→ EXERCISE GOAL
Write out each entry again. Keep every word exactly as it is.

→ DATA SUPPLIED
* * * * * * *

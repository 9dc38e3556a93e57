// What a code says in a version.
#![tactic(auto)]

ghost use Rattle.std.specs.Prelude.{◌≡◌, List, ℕ, ◌≤◌, length, drop, get_or};
ghost use Rattle.format.specs.Items.{section_item, old_part, new_part, old_date_item, v7_date_item, old_middle_item, old_low_item, old_high_item, new_date_item, new_low_item, new_high_item, item_of};
ghost use Rattle.length.specs.Parts.{part_at};
ghost use Rattle.kind.specs.Kinds.{tail_of, kind_item, SaysBy, Says, Newer, new_item};

use format::Cut;
use number::index;

// What follows a label part: i16 or i32 dimensions, or a place.
#[derive(Clone, Copy)]
pub enum Tail {
    Short { last: u8 },
    Long { last: u8 },
    Station { flags: u8 },
    Line { flags: u8 },
}

// What a code says in a version. A bare line has no label part.
#[derive(Clone, Copy)]
pub enum Kind {
    Reserved,
    Stop,
    Shorten { cut: Cut },
    Style { style: u8 },
    Move,
    NoDate,
    Day,
    Span,
    Days,
    Seconds,
    TwoSeconds,
    Error,
    Labelled { bare: bool, tail: Tail },
}

// ---- codes

// v3 to v7, 00-1f
fn old_low(code: u8) -> Kind
    ensures { Says result (λ p s. old_low_item code s) }
{
    if code == 0x00 {
        return Kind::Stop;
    }
    if code < 0x0f {
        return Kind::Shorten {
            cut: Cut::ToDot { dots: index(code) },
        };
    }
    if code == 0x0f {
        return Kind::Move;
    }
    Kind::Shorten {
        cut: Cut::Trim {
            bytes: index(code - 15),
        },
    }
}

// v4 to v6, 20-21
fn old_date(code: u8) -> Kind
    ensures { Says result (λ p s. old_date_item code s) }
{
    if code == 0x20 {
        return Kind::Seconds;
    }
    if code == 0x21 {
        return Kind::TwoSeconds;
    }
    Kind::Reserved
}

// v7, 20 / 21 / 23 / 24
fn v7_date(code: u8) -> Kind
    ensures { Says result (λ p s. v7_date_item code s) }
{
    if code == 0x20 {
        return Kind::Day;
    }
    if code == 0x21 {
        return Kind::Span;
    }
    if code == 0x23 {
        return Kind::Days;
    }
    if code == 0x24 {
        return Kind::NoDate;
    }
    Kind::Reserved
}

// v3 to v7, 20-2f
fn old_middle(version: u8, code: u8) -> Kind
    ensures { Says result (λ p s. old_middle_item version code s) }
{
    if code == 0x22 {
        if version < 6 {
            return Kind::Reserved;
        }
        return Kind::Error;
    }
    if version < 4 {
        return Kind::Reserved;
    }
    if version < 7 {
        return old_date(code);
    }
    v7_date(code)
}

// 30-33
fn section(code: u8) -> Kind
    ensures { Says result (λ p s. section_item code (p (drop 1 s)) (drop 1 s)) × Newer result }
{
    let last = code % 2;
    if code < 0x32 {
        return Kind::Labelled {
            bare: false,
            tail: Tail::Short { last },
        };
    }
    Kind::Labelled {
        bare: false,
        tail: Tail::Long { last },
    }
}

// v3 to v7, 30-ff
fn old_high(version: u8, code: u8) -> Kind
    ensures { SaysBy old_part result (λ s. old_high_item version code (drop 1 s)) }
{
    if code < 0x34 {
        if version < 5 {
            return Kind::Reserved;
        }
        return section(code);
    }
    if code < 0x40 {
        return Kind::Reserved;
    }
    if code < 0x60 {
        return Kind::Labelled {
            bare: false,
            tail: Tail::Station { flags: code - 0x40 },
        };
    }
    if code < 0x80 {
        return Kind::Reserved;
    }
    if code < 0x88 {
        return Kind::Labelled {
            bare: false,
            tail: Tail::Line { flags: code - 0x80 },
        };
    }
    Kind::Reserved
}

// v8, 10-13
fn new_date(code: u8) -> Kind
    ensures { Says result (λ p s. new_date_item code s) × Newer result }
{
    if code == 0x10 {
        return Kind::NoDate;
    }
    if code == 0x11 {
        return Kind::Day;
    }
    if code == 0x12 {
        return Kind::Span;
    }
    Kind::Days
}

// v8, 00-2f
fn new_low(code: u8) -> Kind
    ensures { Says result (λ p s. new_low_item code s) × Newer result }
{
    if code < 0x05 {
        return Kind::Style { style: code };
    }
    if code < 0x0f {
        return Kind::Reserved;
    }
    if code == 0x0f {
        return Kind::Move;
    }
    if code < 0x14 {
        return new_date(code);
    }
    if code == 0x1f {
        return Kind::Error;
    }
    Kind::Reserved
}

// v8, 30-ff
fn new_high(code: u8) -> Kind
    ensures { SaysBy new_part result (λ s. new_high_item code (drop 1 s)) × Newer result }
{
    if code < 0x34 {
        return section(code);
    }
    if code < 0x40 {
        return Kind::Reserved;
    }
    if code < 0x48 {
        return Kind::Labelled {
            bare: false,
            tail: Tail::Line { flags: code - 0x40 },
        };
    }
    if code < 0x60 {
        return Kind::Reserved;
    }
    if code < 0x68 {
        return Kind::Labelled {
            bare: true,
            tail: Tail::Line { flags: code - 0x60 },
        };
    }
    if code < 0x80 {
        return Kind::Reserved;
    }
    Kind::Labelled {
        bare: false,
        tail: Tail::Station { flags: code - 0x80 },
    }
}

// What a code says in v8.
pub fn new_kind(code: u8) -> Kind
    ensures { SaysBy new_part result (new_item code) × Newer result }
{
    if code < 0x30 {
        return new_low(code);
    }
    new_high(code)
}

// What a code says in a version. Its last lines are those of `new_kind`: where that is
// called instead, reading takes a tenth more instructions.
pub fn kind_of(version: u8, code: u8) -> Kind
    ensures { (s : List ℕ) → 1 ≤ length s → get_or s 0 0 ≡ code → kind_item result (part_at version) s ≡ item_of version s }
{
    if version < 8 {
        if code < 0x20 {
            return old_low(code);
        }
        if code < 0x30 {
            return old_middle(version, code);
        }
        return old_high(version, code);
    }
    if code < 0x30 {
        return new_low(code);
    }
    new_high(code)
}

// ---- what follows a label

// How many bytes follow the label.
pub fn tail_size(tail: Tail) -> usize
    ensures { (result ≡ tail_of tail) × (result ≤ 16) }
{
    match tail {
        Tail::Short { last: _ } => 8,
        Tail::Long { last: _ } => 16,
        Tail::Station { flags: _ } => 12,
        Tail::Line { flags: _ } => 12,
    }
}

* * * * * * *

→ SOLUTION BELOW
repository 9dc38e3556a93e57
// What a code says in a version.
#![tactic(auto)]

ghost use Rattle.std.specs.Prelude.{◌≡◌, List, ℕ, ◌≤◌, length, drop, get_or};
ghost use Rattle.format.specs.Items.{section_item, old_part, new_part, old_date_item, v7_date_item, old_middle_item, old_low_item, old_high_item, new_date_item, new_low_item, new_high_item, item_of};
ghost use Rattle.length.specs.Parts.{part_at};
ghost use Rattle.kind.specs.Kinds.{tail_of, kind_item, SaysBy, Says, Newer, new_item};

use format::Cut;
use number::index;

// What follows a label part: i16 or i32 dimensions, or a place.
#[derive(Clone, Copy)]
pub enum Tail {
    Short { last: u8 },
    Long { last: u8 },
    Station { flags: u8 },
    Line { flags: u8 },
}

// What a code says in a version. A bare line has no label part.
#[derive(Clone, Copy)]
pub enum Kind {
    Reserved,
    Stop,
    Shorten { cut: Cut },
    Style { style: u8 },
    Move,
    NoDate,
    Day,
    Span,
    Days,
    Seconds,
    TwoSeconds,
    Error,
    Labelled { bare: bool, tail: Tail },
}

// ---- codes

// v3 to v7, 00-1f
fn old_low(code: u8) -> Kind
    ensures { Says result (λ p s. old_low_item code s) }
{
    if code == 0x00 {
        return Kind::Stop;
    }
    if code < 0x0f {
        return Kind::Shorten {
            cut: Cut::ToDot { dots: index(code) },
        };
    }
    if code == 0x0f {
        return Kind::Move;
    }
    Kind::Shorten {
        cut: Cut::Trim {
            bytes: index(code - 15),
        },
    }
}

// v4 to v6, 20-21
fn old_date(code: u8) -> Kind
    ensures { Says result (λ p s. old_date_item code s) }
{
    if code == 0x20 {
        return Kind::Seconds;
    }
    if code == 0x21 {
        return Kind::TwoSeconds;
    }
    Kind::Reserved
}

// v7, 20 / 21 / 23 / 24
fn v7_date(code: u8) -> Kind
    ensures { Says result (λ p s. v7_date_item code s) }
{
    if code == 0x20 {
        return Kind::Day;
    }
    if code == 0x21 {
        return Kind::Span;
    }
    if code == 0x23 {
        return Kind::Days;
    }
    if code == 0x24 {
        return Kind::NoDate;
    }
    Kind::Reserved
}

// v3 to v7, 20-2f
fn old_middle(version: u8, code: u8) -> Kind
    ensures { Says result (λ p s. old_middle_item version code s) }
{
    if code == 0x22 {
        if version < 6 {
            return Kind::Reserved;
        }
        return Kind::Error;
    }
    if version < 4 {
        return Kind::Reserved;
    }
    if version < 7 {
        return old_date(code);
    }
    v7_date(code)
}

// 30-33
fn section(code: u8) -> Kind
    ensures { Says result (λ p s. section_item code (p (drop 1 s)) (drop 1 s)) × Newer result }
{
    let last = code % 2;
    if code < 0x32 {
        return Kind::Labelled {
            bare: false,
            tail: Tail::Short { last },
        };
    }
    Kind::Labelled {
        bare: false,
        tail: Tail::Long { last },
    }
}

// v3 to v7, 30-ff
fn old_high(version: u8, code: u8) -> Kind
    ensures { SaysBy old_part result (λ s. old_high_item version code (drop 1 s)) }
{
    if code < 0x34 {
        if version < 5 {
            return Kind::Reserved;
        }
        return section(code);
    }
    if code < 0x40 {
        return Kind::Reserved;
    }
    if code < 0x60 {
        return Kind::Labelled {
            bare: false,
            tail: Tail::Station { flags: code - 0x40 },
        };
    }
    if code < 0x80 {
        return Kind::Reserved;
    }
    if code < 0x88 {
        return Kind::Labelled {
            bare: false,
            tail: Tail::Line { flags: code - 0x80 },
        };
    }
    Kind::Reserved
}

// v8, 10-13
fn new_date(code: u8) -> Kind
    ensures { Says result (λ p s. new_date_item code s) × Newer result }
{
    if code == 0x10 {
        return Kind::NoDate;
    }
    if code == 0x11 {
        return Kind::Day;
    }
    if code == 0x12 {
        return Kind::Span;
    }
    Kind::Days
}

// v8, 00-2f
fn new_low(code: u8) -> Kind
    ensures { Says result (λ p s. new_low_item code s) × Newer result }
{
    if code < 0x05 {
        return Kind::Style { style: code };
    }
    if code < 0x0f {
        return Kind::Reserved;
    }
    if code == 0x0f {
        return Kind::Move;
    }
    if code < 0x14 {
        return new_date(code);
    }
    if code == 0x1f {
        return Kind::Error;
    }
    Kind::Reserved
}

// v8, 30-ff
fn new_high(code: u8) -> Kind
    ensures { SaysBy new_part result (λ s. new_high_item code (drop 1 s)) × Newer result }
{
    if code < 0x34 {
        return section(code);
    }
    if code < 0x40 {
        return Kind::Reserved;
    }
    if code < 0x48 {
        return Kind::Labelled {
            bare: false,
            tail: Tail::Line { flags: code - 0x40 },
        };
    }
    if code < 0x60 {
        return Kind::Reserved;
    }
    if code < 0x68 {
        return Kind::Labelled {
            bare: true,
            tail: Tail::Line { flags: code - 0x60 },
        };
    }
    if code < 0x80 {
        return Kind::Reserved;
    }
    Kind::Labelled {
        bare: false,
        tail: Tail::Station { flags: code - 0x80 },
    }
}

// What a code says in v8.
pub fn new_kind(code: u8) -> Kind
    ensures { SaysBy new_part result (new_item code) × Newer result }
{
    if code < 0x30 {
        return new_low(code);
    }
    new_high(code)
}

// What a code says in a version. Its last lines are those of `new_kind`: where that is
// called instead, reading takes a tenth more instructions.
pub fn kind_of(version: u8, code: u8) -> Kind
    ensures { (s : List ℕ) → 1 ≤ length s → get_or s 0 0 ≡ code → kind_item result (part_at version) s ≡ item_of version s }
{
    if version < 8 {
        if code < 0x20 {
            return old_low(code);
        }
        if code < 0x30 {
            return old_middle(version, code);
        }
        return old_high(version, code);
    }
    if code < 0x30 {
        return new_low(code);
    }
    new_high(code)
}

// ---- what follows a label

// How many bytes follow the label.
pub fn tail_size(tail: Tail) -> usize
    ensures { (result ≡ tail_of tail) × (result ≤ 16) }
{
    match tail {
        Tail::Short { last: _ } => 8,
        Tail::Long { last: _ } => 16,
        Tail::Station { flags: _ } => 12,
        Tail::Line { flags: _ } => 12,
    }
}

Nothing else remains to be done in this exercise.